*** Opening of THE RECORDS ***

//! Readers of what is said of databases. Each answers what it read and the tokens after it.

ghost use Rattle.std.specs.Prelude.{◌≡◌};
ghost use Rattle.region_sql.specs.Forms.{as_value};
ghost use Rattle.region_sql.specs.Grammar.{more_regions, maybe_survive, database_regions, new_database, alteration, altered_database};
ghost use Rattle.region_sql.specs.Reading.{Gives, parse};

use crate::region_readers::{restricted_of, survive_of};
use crate::region_statements::{Goal, RegionStatement};
use crate::row_readers::names_of;
use crate::stuck::Stuck;
use crate::token_readers::{begins_with_key, name_of, pass_key, pass_soft};
use crate::tokens::{Key, Soft, Token};
use mr_base::{Bytes, ListOf};
use std::alloc::Global;

/// [REGIONS names]
#[tactic(auto, unfolding(crate::specs::Grammar::more_regions))]
fn more_regions_of(alloc: Global, tokens: &[Token]) -> Result<(ListOf<Bytes>, &[Token]), Stuck>
    ensures { Gives (λ x. (x.0, x.1.now)) result (parse more_regions tokens.now) }
{
    if !begins_with_key(tokens, Key::Regions) {
        return Ok((ListOf::new(alloc), tokens));
    }
    let rest = pass_key(tokens, Key::Regions)?;
    names_of(alloc, rest)
}

/// [SURVIVE goal FAILURE]
#[tactic(auto, unfolding(crate::specs::Grammar::maybe_survive), using(crate::proofs::Firsts::of_survive))]
fn maybe_survive_of(tokens: &[Token]) -> Result<(Option<Goal>, &[Token]), Stuck>
    ensures { Gives (λ x. (x.0, x.1.now)) result (parse maybe_survive tokens.now) }
{
    if !begins_with_key(tokens, Key::Survive) {
        return Ok((None, tokens));
    }
    let (goal, rest) = survive_of(tokens)?;
    Ok((Some(goal), rest))
}

/// The regions of a new database.
#[derive(Drop)]
struct NewRegions {
    primary: Bytes,
    others: ListOf<Bytes>,
    goal: Option<Goal>,
}

/// PRIMARY REGION name [REGIONS names] [SURVIVE goal FAILURE]
#[tactic(auto, unfolding(crate::specs::Grammar::database_regions))]
fn database_regions_of(alloc: Global, tokens: &[Token]) -> Result<(NewRegions, &[Token]), Stuck>
    ensures { Gives (λ x. (((x.0.primary, x.0.others), x.0.goal), x.1.now)) result (parse database_regions tokens.now) }
{
    let rest = pass_key(tokens, Key::Primary)?;
    let rest = pass_key(rest, Key::Region)?;
    let (primary, rest) = name_of(alloc, rest)?;
    let (others, rest) = more_regions_of(alloc, rest)?;
    let (goal, rest) = maybe_survive_of(rest)?;
    Ok((
        NewRegions {
            primary,
            others,
            goal,
        },
        rest,
    ))
}

/// DATABASE name, and what is said of its regions
#[tactic(auto, unfolding(crate::specs::Grammar::new_database), using(crate::proofs::Firsts::of_database_regions))]
pub(crate) fn new_database_of(
    alloc: Global,
    tokens: &[Token],
) -> Result<(RegionStatement, &[Token]), Stuck>
    ensures { Gives (λ x. (x.0, x.1.now)) result (parse new_database tokens.now) }
{
    let rest = pass_key(tokens, Key::Database)?;
    let (name, rest) = name_of(alloc, rest)?;
    if !begins_with_key(rest, Key::Primary) {
        let statement = RegionStatement::CreateDatabase {
            name,
            primary: None,
            regions: ListOf::new(alloc),
            goal: None,
        };
        return Ok((statement, rest));
    }
    let (said, rest) = database_regions_of(alloc, rest)?;
    let statement = RegionStatement::CreateDatabase {
        name,
        primary: Some(said.primary),
        regions: said.others,
        goal: said.goal,
    };
    Ok((statement, rest))
}

/// What is done to a database.
#[tactic(auto, unfolding(crate::specs::Grammar::alteration), using(crate::proofs::Firsts::of_survive))]
fn alteration_of(
    alloc: Global,
    database: Bytes,
    tokens: &[Token],
) -> Result<(RegionStatement, &[Token]), Stuck>
    ensures { Gives (λ x. (x.0, x.1.now)) result (parse (as_value alteration (λ change. change database)) tokens.now) }
{
    if begins_with_key(tokens, Key::Set) {
        let rest = pass_key(tokens, Key::Set)?;
        let rest = pass_key(rest, Key::Primary)?;
        let rest = pass_key(rest, Key::Region)?;
        let (region, rest) = name_of(alloc, rest)?;
        return Ok((RegionStatement::SetPrimary { database, region }, rest));
    }
    if begins_with_key(tokens, Key::Add) {
        let rest = pass_key(tokens, Key::Add)?;
        let rest = pass_key(rest, Key::Region)?;
        let (region, rest) = name_of(alloc, rest)?;
        return Ok((RegionStatement::AddRegion { database, region }, rest));
    }
    if begins_with_key(tokens, Key::Drop) {
        let rest = pass_key(tokens, Key::Drop)?;
        let rest = pass_key(rest, Key::Region)?;
        let (region, rest) = name_of(alloc, rest)?;
        return Ok((RegionStatement::DropRegion { database, region }, rest));
    }
    if begins_with_key(tokens, Key::Survive) {
        let (goal, rest) = survive_of(tokens)?;
        return Ok((RegionStatement::Survive { database, goal }, rest));
    }
    let rest = pass_soft(tokens, Soft::Placement)?;
    let (restricted, rest) = restricted_of(rest)?;
    Ok((
        RegionStatement::Placement {
            database,
            restricted,
        },
        rest,
    ))
}

/// DATABASE name, and what is done to it
#[tactic(auto, unfolding(crate::specs::Grammar::altered_database))]
pub(crate) fn altered_database_of(
    alloc: Global,
    tokens: &[Token],
) -> Result<(RegionStatement, &[Token]), Stuck>
    ensures { Gives (λ x. (x.0, x.1.now)) result (parse altered_database tokens.now) }
{
    let rest = pass_key(tokens, Key::Database)?;
    let (name, rest) = name_of(alloc, rest)?;
    alteration_of(alloc, name, rest)
}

*** Close of THE RECORDS ***

▶ EXERCISE AIM
Every entry must be duplicated exactly as it was written.

▶ SOLUTION FOR THIS EXERCISE
//! Readers of what is said of databases. Each answers what it read and the tokens after it.

ghost use Rattle.std.specs.Prelude.{◌≡◌};
ghost use Rattle.region_sql.specs.Forms.{as_value};
ghost use Rattle.region_sql.specs.Grammar.{more_regions, maybe_survive, database_regions, new_database, alteration, altered_database};
ghost use Rattle.region_sql.specs.Reading.{Gives, parse};

use crate::region_readers::{restricted_of, survive_of};
use crate::region_statements::{Goal, RegionStatement};
use crate::row_readers::names_of;
use crate::stuck::Stuck;
use crate::token_readers::{begins_with_key, name_of, pass_key, pass_soft};
use crate::tokens::{Key, Soft, Token};
use mr_base::{Bytes, ListOf};
use std::alloc::Global;

/// [REGIONS names]
#[tactic(auto, unfolding(crate::specs::Grammar::more_regions))]
fn more_regions_of(alloc: Global, tokens: &[Token]) -> Result<(ListOf<Bytes>, &[Token]), Stuck>
    ensures { Gives (λ x. (x.0, x.1.now)) result (parse more_regions tokens.now) }
{
    if !begins_with_key(tokens, Key::Regions) {
        return Ok((ListOf::new(alloc), tokens));
    }
    let rest = pass_key(tokens, Key::Regions)?;
    names_of(alloc, rest)
}

/// [SURVIVE goal FAILURE]
#[tactic(auto, unfolding(crate::specs::Grammar::maybe_survive), using(crate::proofs::Firsts::of_survive))]
fn maybe_survive_of(tokens: &[Token]) -> Result<(Option<Goal>, &[Token]), Stuck>
    ensures { Gives (λ x. (x.0, x.1.now)) result (parse maybe_survive tokens.now) }
{
    if !begins_with_key(tokens, Key::Survive) {
        return Ok((None, tokens));
    }
    let (goal, rest) = survive_of(tokens)?;
    Ok((Some(goal), rest))
}

/// The regions of a new database.
#[derive(Drop)]
struct NewRegions {
    primary: Bytes,
    others: ListOf<Bytes>,
    goal: Option<Goal>,
}

/// PRIMARY REGION name [REGIONS names] [SURVIVE goal FAILURE]
#[tactic(auto, unfolding(crate::specs::Grammar::database_regions))]
fn database_regions_of(alloc: Global, tokens: &[Token]) -> Result<(NewRegions, &[Token]), Stuck>
    ensures { Gives (λ x. (((x.0.primary, x.0.others), x.0.goal), x.1.now)) result (parse database_regions tokens.now) }
{
    let rest = pass_key(tokens, Key::Primary)?;
    let rest = pass_key(rest, Key::Region)?;
    let (primary, rest) = name_of(alloc, rest)?;
    let (others, rest) = more_regions_of(alloc, rest)?;
    let (goal, rest) = maybe_survive_of(rest)?;
    Ok((
        NewRegions {
            primary,
            others,
            goal,
        },
        rest,
    ))
}

/// DATABASE name, and what is said of its regions
#[tactic(auto, unfolding(crate::specs::Grammar::new_database), using(crate::proofs::Firsts::of_database_regions))]
pub(crate) fn new_database_of(
    alloc: Global,
    tokens: &[Token],
) -> Result<(RegionStatement, &[Token]), Stuck>
    ensures { Gives (λ x. (x.0, x.1.now)) result (parse new_database tokens.now) }
{
    let rest = pass_key(tokens, Key::Database)?;
    let (name, rest) = name_of(alloc, rest)?;
    if !begins_with_key(rest, Key::Primary) {
        let statement = RegionStatement::CreateDatabase {
            name,
            primary: None,
            regions: ListOf::new(alloc),
            goal: None,
        };
        return Ok((statement, rest));
    }
    let (said, rest) = database_regions_of(alloc, rest)?;
    let statement = RegionStatement::CreateDatabase {
        name,
        primary: Some(said.primary),
        regions: said.others,
        goal: said.goal,
    };
    Ok((statement, rest))
}

/// What is done to a database.
#[tactic(auto, unfolding(crate::specs::Grammar::alteration), using(crate::proofs::Firsts::of_survive))]
fn alteration_of(
    alloc: Global,
    database: Bytes,
    tokens: &[Token],
) -> Result<(RegionStatement, &[Token]), Stuck>
    ensures { Gives (λ x. (x.0, x.1.now)) result (parse (as_value alteration (λ change. change database)) tokens.now) }
{
    if begins_with_key(tokens, Key::Set) {
        let rest = pass_key(tokens, Key::Set)?;
        let rest = pass_key(rest, Key::Primary)?;
        let rest = pass_key(rest, Key::Region)?;
        let (region, rest) = name_of(alloc, rest)?;
        return Ok((RegionStatement::SetPrimary { database, region }, rest));
    }
    if begins_with_key(tokens, Key::Add) {
        let rest = pass_key(tokens, Key::Add)?;
        let rest = pass_key(rest, Key::Region)?;
        let (region, rest) = name_of(alloc, rest)?;
        return Ok((RegionStatement::AddRegion { database, region }, rest));
    }
    if begins_with_key(tokens, Key::Drop) {
        let rest = pass_key(tokens, Key::Drop)?;
        let rest = pass_key(rest, Key::Region)?;
        let (region, rest) = name_of(alloc, rest)?;
        return Ok((RegionStatement::DropRegion { database, region }, rest));
    }
    if begins_with_key(tokens, Key::Survive) {
        let (goal, rest) = survive_of(tokens)?;
        return Ok((RegionStatement::Survive { database, goal }, rest));
    }
    let rest = pass_soft(tokens, Soft::Placement)?;
    let (restricted, rest) = restricted_of(rest)?;
    Ok((
        RegionStatement::Placement {
            database,
            restricted,
        },
        rest,
    ))
}

/// DATABASE name, and what is done to it
#[tactic(auto, unfolding(crate::specs::Grammar::altered_database))]
pub(crate) fn altered_database_of(
    alloc: Global,
    tokens: &[Token],
) -> Result<(RegionStatement, &[Token]), Stuck>
    ensures { Gives (λ x. (x.0, x.1.now)) result (parse altered_database tokens.now) }
{
    let rest = pass_key(tokens, Key::Database)?;
    let (name, rest) = name_of(alloc, rest)?;
    alteration_of(alloc, name, rest)
}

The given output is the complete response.